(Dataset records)
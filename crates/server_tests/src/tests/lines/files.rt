//! The file that the tests look at: four lines, which were put in three writes.

use crate::tests::lines::memory::Memory;
use chained_lines::{Journal, NO_SEAL};
use std::alloc::Global;

/// Behind how many bytes each line ends: a seal of 16 digits, a mark, a body and a line feed.
pub const ENDS: [usize; 4] = [21, 50, 68, 90];

/// Where the last write begins.
pub const LAST_WRITE: usize = 68;

/// How many calls of a storage write and sync the file: two for each write.
pub const CALLS: usize = 6;

/// A storage that never fails but for want of memory, and takes so many bytes at once.
pub fn ample(alloc: Global, piece: usize) -> Memory {
    Memory {
        bytes: Vec::new(alloc),
        synced: 0,
        piece,
        room: usize::MAX,
        calls: usize::MAX,
    }
}

/// Notes and commits the lines of the file, until the storage fails. Returns the storage, and how many commits were done.
pub fn written(alloc: Global, storage: Memory) -> (Memory, usize) {
    let mut journal = Journal::behind(alloc, storage, NO_SEAL);
    let mut done = usize::from(commits(&mut journal, &[b"one"]));
    done += usize::from(commits(&mut journal, &[b"two, longer", b""]));
    done += usize::from(commits(&mut journal, &[b"four"]));
    (journal.into_storage(), done)
}

/// Notes these lines and commits them. Says whether all of that was done.
fn commits(journal: &mut Journal<Memory>, bodies: &[&[u8]]) -> bool {
    for body in bodies {
        if journal.note(body).is_err() {
            return false;
        }
    }
    journal.commit().is_ok()
}

/// The bytes of the file.
pub fn file(alloc: Global) -> Vec<u8> {
    let (storage, _) = written(alloc, ample(alloc, usize::MAX));
    let Memory { bytes, .. } = storage;
    bytes
}

/// How many lines end within so many bytes.
pub fn whole_lines(bytes: usize) -> usize {
    let mut count = 0usize;
    for end in ENDS {
        if end <= bytes {
            count = count.wrapping_add(1);
        }
    }
    count
}

/// How many bytes so many lines have.
pub fn end_of(lines: usize) -> usize {
    if lines == 0 {
        return 0;
    }
    match ENDS.get(lines - 1) {
        Some(end) => *end,
        None => 0,
    }
}

/// Changes one bit of the byte at this place.
pub fn flip(text: &mut Vec<u8>, at: usize) {
    if at < text.len() {
        text[at] ^= 1;
    }
}
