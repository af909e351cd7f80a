//! A storage in memory.

ghost use Rattle.std.specs.Prelude.{None, Some};

use chained_lines::StableStorage;
use std::io;
use std::io::ErrorKind;

/// A storage in memory that takes its bytes piece by piece, fills up, and fails.
#[derive(Drop)]
pub struct Memory {
    /// What was written.
    pub bytes: Vec<u8>,
    /// How many bytes were there at the last sync.
    pub synced: usize,
    /// How many bytes it takes at most at once.
    pub piece: usize,
    /// How many bytes it has room for yet.
    pub room: usize,
    /// How many calls it answers yet before each fails.
    pub calls: usize,
}

impl StableStorage for Memory {
    ghost contents = { λ m. Some m.bytes.items };

    ghost synced = { λ m. m.synced };

    ghost failures = { λ _. None };

    fn append(&mut self, bytes: &[u8]) -> io::Result<usize> {
        count_call(&mut self.calls)?;
        let taken = bytes.len().min(self.piece).min(self.room);
        if taken == 0 {
            return Err(io::Error::from(ErrorKind::StorageFull));
        }
        if self.bytes.extend_from_slice(&bytes[..taken]).is_err() {
            return Err(io::Error::from(ErrorKind::OutOfMemory));
        }
        self.room -= taken;
        Ok(taken)
    }

    fn sync(&mut self) -> io::Result<()> {
        count_call(&mut self.calls)?;
        self.synced = self.synced.max(self.bytes.len());
        Ok(())
    }

    fn has_room(&self) -> bool {
        true
    }
}

/// Counts a call, or fails if none is answered any more.
fn count_call(calls: &mut usize) -> io::Result<()> {
    let Some(fewer) = calls.checked_sub(1) else {
        return Err(io::Error::from(ErrorKind::Other));
    };
    *calls = fewer;
    Ok(())
}
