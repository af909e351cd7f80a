//! Laws of every lawful history of a relay: of the games, of the followers' stretches, and of ends.

ghost use Rattle.std.specs.Prelude.{◌≡◌, ℕ, ◌≤◌, List, ◌++◌, length, Some};
ghost use Rattle.c960_game.specs.declared.outcome.Outcome.{Outcome};
ghost use Rattle.c960_game.specs.Game960.{Game960};
ghost use Rattle.c960_game.specs.Limits.{LimitNumbers};
ghost use Rattle.relay_core.specs.Following.{board_of};
ghost use Rattle.relay_core.specs.History.{History, end_of, log, start_of};
ghost use Rattle.relay_core.specs.Replies.{LawfulHistory};
ghost use Rattle.relay_core.specs.Stretch.{IsStretch};

/// Each board's log is a legal game from its start, of no more plies than the limits allow.
pub fn logs_are_legal_games()
    ensures { (limits : LimitNumbers) (h : History) → LawfulHistory limits h → (board : List ℕ) (n : ℕ)
        → start_of h board ≡ Some n → Game960 n (log h board) × (length (log h board) ≤ limits.plies) }
{}

/// The moves that a follower has taken, then those due to it, are, each once and in order, the stretch of its board's log
/// from its joining place to the present or its closing.
pub fn followers_take_a_stretch()
    ensures { (limits : LimitNumbers) (h : History) → LawfulHistory limits h → (who : ℕ) (board : List ℕ)
        → board_of h who ≡ Some board → IsStretch limits.capacity h who board }
{}

/// A game that has ended has no further move and no other outcome, whatever steps follow.
pub fn the_end_stays()
    ensures { (limits : LimitNumbers) (h later : History) → LawfulHistory limits (later ++ h)
        → (board : List ℕ) (n : ℕ) (outcome : Outcome) → start_of h board ≡ Some n → end_of h n board ≡ Some outcome
        → (log (later ++ h) board ≡ log h board) × (end_of (later ++ h) n board ≡ Some outcome) }
{}
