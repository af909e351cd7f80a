//! Laws of the names of boards.

ghost use Rattle.std.specs.Prelude.{◌≡◌, ◌↔◌, ℕ, List, true};
ghost use Rattle.relay_core.specs.Name.{IsName, same_name};

/// The equality test of a map of boards finds two names equal exactly when their bytes are equal.
#[tactic(auto, using(crate::proofs::NameFacts::same_name_decides))]
pub fn names_are_same_by_their_bytes()
    ensures { (a b : List ℕ) → IsName a → IsName b → (same_name a b ≡ true) ↔ (a ≡ b) }
{}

▶ **WHAT IS REQUIRED**
From the first line of the records above down to the line containing "pub fn written(alloc: Global, storage: Memory)", repeat each line exactly as written. Include both of those lines and add nothing.

▶ **SOLUTION TO THIS EXERCISE**
filename crates/server_tests/src/tests/lines/files.rt
//! The file that the tests look at: four lines, which were put in three writes.

use crate::tests::lines::memory::Memory;
use chained_lines::{Journal, NO_SEAL};
use std::alloc::Global;

/// Behind how many bytes each line ends: a seal of 16 digits, a mark, a body and a line feed.
pub const ENDS: [usize; 4] = [21, 50, 68, 90];

/// Where the last write begins.
pub const LAST_WRITE: usize = 68;

/// How many calls of a storage write and sync the file: two for each write.
pub const CALLS: usize = 6;

/// A storage that never fails but for want of memory, and takes so many bytes at once.
pub fn ample(alloc: Global, piece: usize) -> Memory {
    Memory {
        bytes: Vec::new(alloc),
        synced: 0,
        piece,
        room: usize::MAX,
        calls: usize::MAX,
    }
}

/// Notes and commits the lines of the file, until the storage fails. Returns the storage, and how many commits were done.
pub fn written(alloc: Global, storage: Memory) -> (Memory, usize) {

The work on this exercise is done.